AIM OF THE EXERCISE: Go through the entries below. Copy out every line that contains "program".

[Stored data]
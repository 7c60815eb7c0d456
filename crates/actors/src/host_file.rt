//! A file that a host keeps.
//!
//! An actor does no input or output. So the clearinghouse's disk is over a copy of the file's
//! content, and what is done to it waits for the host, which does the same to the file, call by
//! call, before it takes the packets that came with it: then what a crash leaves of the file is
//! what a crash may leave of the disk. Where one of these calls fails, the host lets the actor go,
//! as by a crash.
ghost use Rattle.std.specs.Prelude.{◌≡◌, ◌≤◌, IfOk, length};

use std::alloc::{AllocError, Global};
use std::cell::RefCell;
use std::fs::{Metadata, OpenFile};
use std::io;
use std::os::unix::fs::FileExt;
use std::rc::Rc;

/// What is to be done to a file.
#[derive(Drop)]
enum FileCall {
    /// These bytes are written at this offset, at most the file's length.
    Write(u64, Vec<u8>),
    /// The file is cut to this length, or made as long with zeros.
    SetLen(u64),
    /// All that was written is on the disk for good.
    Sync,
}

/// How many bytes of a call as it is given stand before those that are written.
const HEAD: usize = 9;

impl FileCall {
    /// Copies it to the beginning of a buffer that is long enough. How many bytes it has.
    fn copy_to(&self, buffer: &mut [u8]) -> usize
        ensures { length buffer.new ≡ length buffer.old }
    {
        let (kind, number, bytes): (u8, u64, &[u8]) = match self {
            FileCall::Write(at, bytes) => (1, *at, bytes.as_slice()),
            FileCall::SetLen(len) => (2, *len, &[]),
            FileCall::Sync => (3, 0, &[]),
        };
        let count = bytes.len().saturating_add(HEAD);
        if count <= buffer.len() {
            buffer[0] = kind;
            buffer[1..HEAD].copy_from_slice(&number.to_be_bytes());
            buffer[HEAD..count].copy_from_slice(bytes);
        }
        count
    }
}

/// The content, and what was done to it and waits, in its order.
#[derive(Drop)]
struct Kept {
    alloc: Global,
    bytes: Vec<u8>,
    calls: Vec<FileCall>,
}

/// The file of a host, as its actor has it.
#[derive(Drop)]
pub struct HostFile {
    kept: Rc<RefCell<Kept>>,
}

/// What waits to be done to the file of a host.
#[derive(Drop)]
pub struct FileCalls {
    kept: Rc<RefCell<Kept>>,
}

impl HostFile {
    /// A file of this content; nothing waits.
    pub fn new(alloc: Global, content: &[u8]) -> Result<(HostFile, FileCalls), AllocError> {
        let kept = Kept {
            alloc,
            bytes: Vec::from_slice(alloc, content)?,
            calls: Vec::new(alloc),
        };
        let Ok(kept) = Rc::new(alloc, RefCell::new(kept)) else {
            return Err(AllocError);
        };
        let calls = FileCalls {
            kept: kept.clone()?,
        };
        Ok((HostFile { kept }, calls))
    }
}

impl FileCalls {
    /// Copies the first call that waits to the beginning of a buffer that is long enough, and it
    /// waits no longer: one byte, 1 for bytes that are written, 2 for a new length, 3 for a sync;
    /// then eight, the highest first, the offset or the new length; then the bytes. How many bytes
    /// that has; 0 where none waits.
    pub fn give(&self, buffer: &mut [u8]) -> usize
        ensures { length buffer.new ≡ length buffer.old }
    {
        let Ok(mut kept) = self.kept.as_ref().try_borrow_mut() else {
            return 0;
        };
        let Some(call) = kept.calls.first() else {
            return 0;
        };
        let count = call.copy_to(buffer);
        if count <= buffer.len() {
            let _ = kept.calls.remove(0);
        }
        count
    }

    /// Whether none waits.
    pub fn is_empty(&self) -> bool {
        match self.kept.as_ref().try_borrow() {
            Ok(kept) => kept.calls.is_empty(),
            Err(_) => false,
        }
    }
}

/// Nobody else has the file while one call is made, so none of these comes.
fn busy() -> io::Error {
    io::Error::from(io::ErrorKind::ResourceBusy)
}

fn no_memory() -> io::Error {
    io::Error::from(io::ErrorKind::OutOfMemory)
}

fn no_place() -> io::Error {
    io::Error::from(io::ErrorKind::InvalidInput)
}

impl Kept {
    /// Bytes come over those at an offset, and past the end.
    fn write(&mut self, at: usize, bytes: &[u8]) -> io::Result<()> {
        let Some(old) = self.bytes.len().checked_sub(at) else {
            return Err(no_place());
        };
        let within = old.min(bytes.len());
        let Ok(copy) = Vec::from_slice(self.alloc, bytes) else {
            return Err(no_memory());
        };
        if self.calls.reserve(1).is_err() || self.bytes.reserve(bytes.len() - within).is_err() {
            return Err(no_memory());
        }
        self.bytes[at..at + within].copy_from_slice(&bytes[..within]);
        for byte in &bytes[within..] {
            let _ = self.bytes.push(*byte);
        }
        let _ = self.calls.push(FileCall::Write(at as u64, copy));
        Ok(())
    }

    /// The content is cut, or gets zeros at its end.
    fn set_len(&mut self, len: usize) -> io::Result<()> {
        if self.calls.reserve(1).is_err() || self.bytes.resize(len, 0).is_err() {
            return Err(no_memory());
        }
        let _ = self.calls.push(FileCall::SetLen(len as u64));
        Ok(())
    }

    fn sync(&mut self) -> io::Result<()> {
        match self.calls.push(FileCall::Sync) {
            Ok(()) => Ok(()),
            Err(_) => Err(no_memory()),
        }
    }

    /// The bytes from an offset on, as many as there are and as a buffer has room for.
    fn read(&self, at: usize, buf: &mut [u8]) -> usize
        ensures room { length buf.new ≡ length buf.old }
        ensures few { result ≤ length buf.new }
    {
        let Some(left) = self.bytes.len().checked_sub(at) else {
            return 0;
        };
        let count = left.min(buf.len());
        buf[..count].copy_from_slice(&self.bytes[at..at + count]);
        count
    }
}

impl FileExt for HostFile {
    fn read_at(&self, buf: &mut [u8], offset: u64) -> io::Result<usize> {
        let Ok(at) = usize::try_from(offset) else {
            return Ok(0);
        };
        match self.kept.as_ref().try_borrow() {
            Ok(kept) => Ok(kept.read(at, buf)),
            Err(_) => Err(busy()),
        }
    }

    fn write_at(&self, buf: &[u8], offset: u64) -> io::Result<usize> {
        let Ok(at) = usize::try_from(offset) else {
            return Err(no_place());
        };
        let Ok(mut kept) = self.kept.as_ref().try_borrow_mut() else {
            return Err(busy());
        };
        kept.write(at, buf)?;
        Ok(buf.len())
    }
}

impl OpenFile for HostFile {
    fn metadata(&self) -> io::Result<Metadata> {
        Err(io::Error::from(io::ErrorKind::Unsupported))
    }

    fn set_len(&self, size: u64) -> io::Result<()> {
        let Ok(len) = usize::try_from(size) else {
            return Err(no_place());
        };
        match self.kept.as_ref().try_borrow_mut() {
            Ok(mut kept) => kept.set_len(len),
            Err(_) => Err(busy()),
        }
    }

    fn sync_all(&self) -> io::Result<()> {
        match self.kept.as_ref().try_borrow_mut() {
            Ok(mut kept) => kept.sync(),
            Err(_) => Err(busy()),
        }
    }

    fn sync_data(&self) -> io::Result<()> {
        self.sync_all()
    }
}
* * *
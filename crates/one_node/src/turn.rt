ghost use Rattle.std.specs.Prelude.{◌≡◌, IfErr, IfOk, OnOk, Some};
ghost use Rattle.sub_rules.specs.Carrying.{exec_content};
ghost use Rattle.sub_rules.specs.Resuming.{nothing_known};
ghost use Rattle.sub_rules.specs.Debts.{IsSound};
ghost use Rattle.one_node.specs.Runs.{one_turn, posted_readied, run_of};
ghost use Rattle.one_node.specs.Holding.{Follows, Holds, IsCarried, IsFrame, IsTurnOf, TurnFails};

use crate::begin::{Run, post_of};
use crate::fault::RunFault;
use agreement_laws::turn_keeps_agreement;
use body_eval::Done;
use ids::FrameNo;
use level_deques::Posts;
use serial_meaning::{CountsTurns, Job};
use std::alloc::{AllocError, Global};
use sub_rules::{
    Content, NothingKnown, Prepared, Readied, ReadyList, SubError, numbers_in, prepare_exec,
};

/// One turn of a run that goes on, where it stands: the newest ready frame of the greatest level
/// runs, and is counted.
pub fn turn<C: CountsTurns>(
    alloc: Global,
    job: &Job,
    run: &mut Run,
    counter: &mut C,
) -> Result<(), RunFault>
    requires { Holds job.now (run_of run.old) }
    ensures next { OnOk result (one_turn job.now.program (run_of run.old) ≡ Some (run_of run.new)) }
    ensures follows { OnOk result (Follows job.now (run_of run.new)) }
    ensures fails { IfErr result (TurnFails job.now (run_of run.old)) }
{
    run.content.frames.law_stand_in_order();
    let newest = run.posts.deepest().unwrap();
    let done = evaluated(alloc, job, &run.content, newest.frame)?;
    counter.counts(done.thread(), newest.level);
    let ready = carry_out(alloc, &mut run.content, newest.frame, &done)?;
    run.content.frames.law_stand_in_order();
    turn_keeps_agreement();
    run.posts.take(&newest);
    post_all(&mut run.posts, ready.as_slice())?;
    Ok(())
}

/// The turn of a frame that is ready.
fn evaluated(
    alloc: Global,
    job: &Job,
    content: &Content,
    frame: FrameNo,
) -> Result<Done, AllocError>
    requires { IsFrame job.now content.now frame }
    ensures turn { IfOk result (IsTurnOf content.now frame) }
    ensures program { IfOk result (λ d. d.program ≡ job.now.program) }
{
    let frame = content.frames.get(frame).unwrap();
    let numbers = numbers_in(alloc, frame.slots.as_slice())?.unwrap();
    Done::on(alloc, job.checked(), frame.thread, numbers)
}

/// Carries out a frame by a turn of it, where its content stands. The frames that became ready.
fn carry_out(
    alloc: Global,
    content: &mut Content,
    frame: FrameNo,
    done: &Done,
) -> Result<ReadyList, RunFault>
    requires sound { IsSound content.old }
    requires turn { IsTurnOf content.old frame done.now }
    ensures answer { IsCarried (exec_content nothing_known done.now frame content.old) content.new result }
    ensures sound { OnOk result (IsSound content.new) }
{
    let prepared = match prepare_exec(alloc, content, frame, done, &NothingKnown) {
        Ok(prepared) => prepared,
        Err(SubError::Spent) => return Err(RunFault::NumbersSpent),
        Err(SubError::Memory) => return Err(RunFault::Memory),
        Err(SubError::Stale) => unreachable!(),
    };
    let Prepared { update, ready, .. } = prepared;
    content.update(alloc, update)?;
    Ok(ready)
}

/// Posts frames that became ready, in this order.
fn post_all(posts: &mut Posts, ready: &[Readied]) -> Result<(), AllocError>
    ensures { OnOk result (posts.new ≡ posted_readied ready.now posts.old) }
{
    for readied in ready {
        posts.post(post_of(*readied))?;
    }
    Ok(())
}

ANSWER BOX:
    ensures next { OnOk result (one_turn job.now.program (run_of run.old) ≡ Some (run_of run.new)) }
    ensures program { IfOk result (λ d. d.program ≡ job.now.program) }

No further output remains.